**What this task involves**
Go through the records below and copy out every line holding "grids".

**Data for analysis**
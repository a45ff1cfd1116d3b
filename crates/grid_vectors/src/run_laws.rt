//! The law of both kinds of run: the same list on grids of the same rows, in different orders.
ghost use Rattle.std.specs.Prelude.{◌≡◌, [], ◌∷◌, map, IfOk};
ghost use Rattle.grid.specs.Prelude.{command_value, lines, push, size, apply};
ghost use Rattle.grid_base.specs.declared.words.Symmetry.TheVariants.{RotateLeft};
ghost use Rattle.grid_commands.specs.declared.command.Axis.TheVariants.{Row};

use grid::{Command, Grid, Order, Reply, RunStopped, Symmetry, Tally};
use grid_deferred::laws::run_at_once_and_deferred;
use std::alloc::{AllocError, Global};
use std::process::Abort;
use std::test::Fail;

// A row is pushed, the grid is turned, and its size is asked for.
fn push_and_turn(alloc: Global) -> Result<Vec<Command<u32>>, AllocError>
    ensures { IfOk result (λ list. map command_value list.items
        ≡ lines Row (push (1 ∷ 2 ∷ [])) ∷ apply RotateLeft ∷ size ∷ []) }
{
    let line = vec![in alloc; 1, 2]?;
    Ok(vec![in alloc;
        Command::PushRow(line),
        Command::Apply(Symmetry::RotateLeft),
        Command::Size,
    ]?)
}

fn is_due(replies: &Vec<Reply<u32>>) -> bool {
    replies.as_slice() == [Reply::Done, Reply::Done, Reply::Size(2, 1)].as_slice()
}

fn went(ran: &Result<Vec<Reply<u32>>, RunStopped<u32>>) -> bool {
    match ran {
        Ok(replies) => is_due(replies),
        Err(_) => false,
    }
}

// Whether the grid has the rows 2 and 1.
fn is_turned(grid: &Grid<u32>) -> bool {
    grid.size() == (2, 1) && grid.flatten().as_slice() == [2, 1].as_slice()
}

// Both grids are turned, and stored in different orders.
fn are_turned(grid: &Grid<u32>, other: &Grid<u32>) -> bool {
    is_turned(grid) && is_turned(other) && grid.order() != other.order()
}

fn check_at_once_and_deferred(
    rt: &impl Abort,
    alloc: Global,
    grid: &mut Grid<u32>,
    other: &mut Grid<u32>,
) -> Result<(), AllocError>
    requires { grid.old.rows ≡ other.old.rows }
{
    let first = push_and_turn(alloc)?;
    let second = push_and_turn(alloc)?;
    let (mut tally, mut other_tally) = (Tally::new(), Tally::new());
    let (at_once, deferred) = run_at_once_and_deferred(
        (alloc, alloc),
        grid,
        other,
        first,
        second,
        &mut tally,
        &mut other_tally,
    );
    assert!(rt; went(&at_once) && went(&deferred));
    Ok(())
}

#[test]
fn runs_at_once_and_deferred(rt: HostRuntime) -> Result<(), Fail> {
    let alloc = rt.alloc();
    let mut grid = Grid::empty(alloc);
    let mut other = Grid::with_capacity_and_order(alloc, 0, 0, Order::ColumnMajor)?;
    check_at_once_and_deferred(&rt, alloc, &mut grid, &mut other)?;
    assert!(rt; are_turned(&grid, &other));
    Ok(())
}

**Response area**
//! The law of both kinds of run: the same list on grids of the same rows, in different orders.
// Both grids are turned, and stored in different orders.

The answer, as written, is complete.